Fin du marathon en Terre du milieu pour Peter Jackson. Et pour le spectateur — lambda comme tolkienophile —, le sentiment confirmé d’une indéniable débâcle, face à un film qui tient a priori du gros nanar. On s’épargnera de détailler les raisons, complexes, qui ont poussé Jackson à remettre le couvert aussi vite et à devoir rivaliser avec une saga dans laquelle il avait mis déjà beaucoup de ses forces. Sinon pour préciser que La Bataille des Cinq Armées, troisième volet de cette seconde trilogie adaptée de l’oeuvre de Tolkien, ne fait au fond qu’entériner une évidence : difficile, pour un seul être humain, de réaliser six fois le même film de trois heures sans 1- se répéter un peu ; 2- finir par faire proprement n’importe quoi.

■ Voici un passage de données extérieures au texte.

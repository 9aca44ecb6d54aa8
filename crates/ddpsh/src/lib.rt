//! The top call of the program: a script is served line by line, from its bytes to the bytes of the answers.
#![tactic(auto)]

mod acks;
mod calls;
mod commands;
mod ending;
pub mod laws;
mod limits;
mod listing;
mod opening;
mod serving;
mod session;
mod top;

pub use acks::{Ack, Acks};
pub use answer_text::{Answered, SessionFault};
pub use commands::{Command, command_of};
pub use limits::MOST_CALLS_OF_A_LINE;
pub use script_items::{MOST_AHEAD, MOST_SCRIPT};
pub use session::Session;
pub use top::{Outcome, run};
pub use volume_inside::{CLUSTER_BYTES, LEAST_CLUSTERS, MOST_CLUSTERS};
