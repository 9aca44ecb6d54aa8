// The words of the command.
ghost use Rattle.std.specs.Prelude.{◌≡◌, ◌↔◌, IsTrue, ℕ, IfSome, IfNone, decimal};
ghost use Rattle.ddpsh.specs.Commands.{IsClusters, Asks, AsksFormat, usage};
ghost use Rattle.ddpsh.specs.declared.commands.Command.{Command};

use cmdlet_line::Words;
use itoa::Buffer;
use volume_inside::{LEAST_CLUSTERS, MOST_CLUSTERS};

/// What the words of the command ask.
#[derive(Clone, Copy, Debug, PartialEq, Eq)]
pub enum Command {
    /// The image is mounted.
    Mount,
    /// A fresh volume of so many clusters is made on the image.
    Format(u32),
}

/// What is printed where the words are not those of the command.
pub(crate) const fn usage() -> &'static [u8]
    ensures { result.now ≡ usage }
{
    b"usage: ddpsh IMAGE [--format CLUSTERS] [--volume V] [--turns N] [--cores N]\n"
}

/// What the words ask, if they are those of the command.
pub fn command_of(words: &Words) -> Option<Command>
    ensures some { IfSome result (λ command. Asks words.now command) }
    ensures none { IfNone result ((command : Command) → Asks words.now command → ⊥) }
{
    match words.len() {
        1 => Some(Command::Mount),
        3 => match (words.at(1), words.at(2)) {
            (Some(option), Some(word)) => format_of(option, word),
            _ => None,
        },
        _ => None,
    }
}

/// What the two words behind the image ask.
fn format_of(option: &str, word: &str) -> Option<Command>
    ensures some { IfSome result (λ command. AsksFormat option.now word.now command) }
    ensures none { IfNone result ((command : Command) → AsksFormat option.now word.now command → ⊥) }
{
    if option != "--format" {
        return None;
    }
    match clusters_of(word) {
        None => None,
        Some(clusters) => Some(Command::Format(clusters)),
    }
}

/// The number of clusters that the word writes, if a volume may have as many.
fn clusters_of(word: &str) -> Option<u32>
    ensures some { IfSome result (λ n. IsClusters word.now n) }
    ensures none { IfNone result ((n : ℕ) → IsClusters word.now n → ⊥) }
{
    let Ok(clusters) = word.parse::<u32>() else {
        return None;
    };
    if clusters < LEAST_CLUSTERS {
        return None;
    }
    if clusters > MOST_CLUSTERS {
        return None;
    }
    if !is_decimal(word, clusters) {
        return None;
    }
    Some(clusters)
}

/// Does the word write the number without a sign or a leading zero?
fn is_decimal(word: &str, n: u32) -> bool
    ensures { IsTrue result ↔ (word.now ≡ decimal n) }
{
    let mut digits = Buffer::new();
    digits.format(n) == word
}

Le premier volet du Hobbit le disait déjà nettement, égrenant des péripéties strictement semblables à celles du Seigneur des Anneaux. Une gémellité qui appuyait le pressentiment que la seconde trilogie ne ferait que marcher sur les traces de sa légende, avec l’espoir toutefois qu’à l’instar de son anti-chevalier, elle finirait par trouver son héroïsme en chemin. Rafraichi par le ton plus enfantin du livre, Jackson se lançait sans complexe à la recherche d’une respiration épique nouvelle, vouant son troupeau de nains débonnaires et ses séquences musicales incongrues à un pompiérisme forain capable ici et là de quelques accords originaux. Soit : une épopée fantastique à la bonne franquette, portée par un goût pour l’aventure en roue libre et délestée du lyrisme grave qui forgeait, pour le meilleur et pour le pire, la carapace sentencieuse du Seigneur des Anneaux.

Problème : prisonnier de son impératif de grandeur (8h, mais pourquoi ?), cette nouvelle saga demeure jusqu’au bout en quête d’un second souffle qui ne viendra jamais. Et se condamne à l’alternance de ventres mous et de coups de forces, au remplissage forcé de monstres et de décors, pour une escalade spectaculaire dont l’absurdité culmine dans cet ultime volet. Monté à l’envers (l’attaque du dragon, climax survendu par les deux premiers épisodes, est ici expédiée en prologue), le film a des allures de gros jouet démantibulé, à la fois obèse et vide, sans plus rien de logique pour structurer son pugilat de nains, elfes, orques, trolls, on ne sait plus et on s’en fout.

À moins qu’il ne faille chercher la clef de cette pantalonnade guerroyeuse dans les années de formation, bis et gore, de son auteur. Il ne serait pas exagéré, en effet, d’envisager cette Bataille des Cinq Armées comme une sorte de Braindead en Terre du milieu, où les gerbes de sang auraient été remplacées par un caramel numérique new age, dégoulinant du haut d’une série Z opulente où Jackson trônerait en Pantagruel régurgitant sa bouillabaisse d’heroic fantasy. Certes, même dans Le Seigneur des Anneaux ou King Kong, il ne s’était jamais agi d’autre chose que de mettre la générosité et l’ingéniosité de la série Z au service de superproductions épiques et carnavalesques. Sauf qu’avec Le Hobbit, Jackson semble paresseusement oublier d’en repasser par le dur, le trucage, l’astuce de bric et de broc. L’esprit déjà au Temple du Soleil, le cinéaste préfère foncer bille en tête s’abreuver à l’oasis numérique, au rythme d’une projection à 48 images par seconde achevant de déréaliser ce qui ressemble déjà beaucoup trop à une cinématique de World of Warcraft.

On se souvient pourtant de l’impeccable mariage de CGI et de prises de vues réelles que venait célébrer la première trilogie, grand péplum itinérant sous l’emphase duquel affleurait un beau programme : transformer son pays natal en vaste royaume imaginaire, et son livre préféré en prétexte à un trek surdimensionné, plein de rencontres extravagantes, de trognes biscornues et de défis hardis. Dix ans après, il est étonnant de constater à quel point The Hobbit ne s’est lui, à aucun moment, donné la peine d’être crédible. On dirait que, pris au sérieux, Jackson en est devenu d’autant plus immature : sa gravité démiurgique s’est émoussée, pour mieux laisser libre cours à l’imaginaire bis. Inutile de préciser que ce storytelling puéril et patapouf, aujourd’hui toutes voiles dehors, fait forcément redouter le pire en vue de son adaptation en performance capture de Tintin — mais ne prive pas non plus, après les péripéties auto-générées et l’open world en ligne claire de Spielberg, d’espérer le meilleur.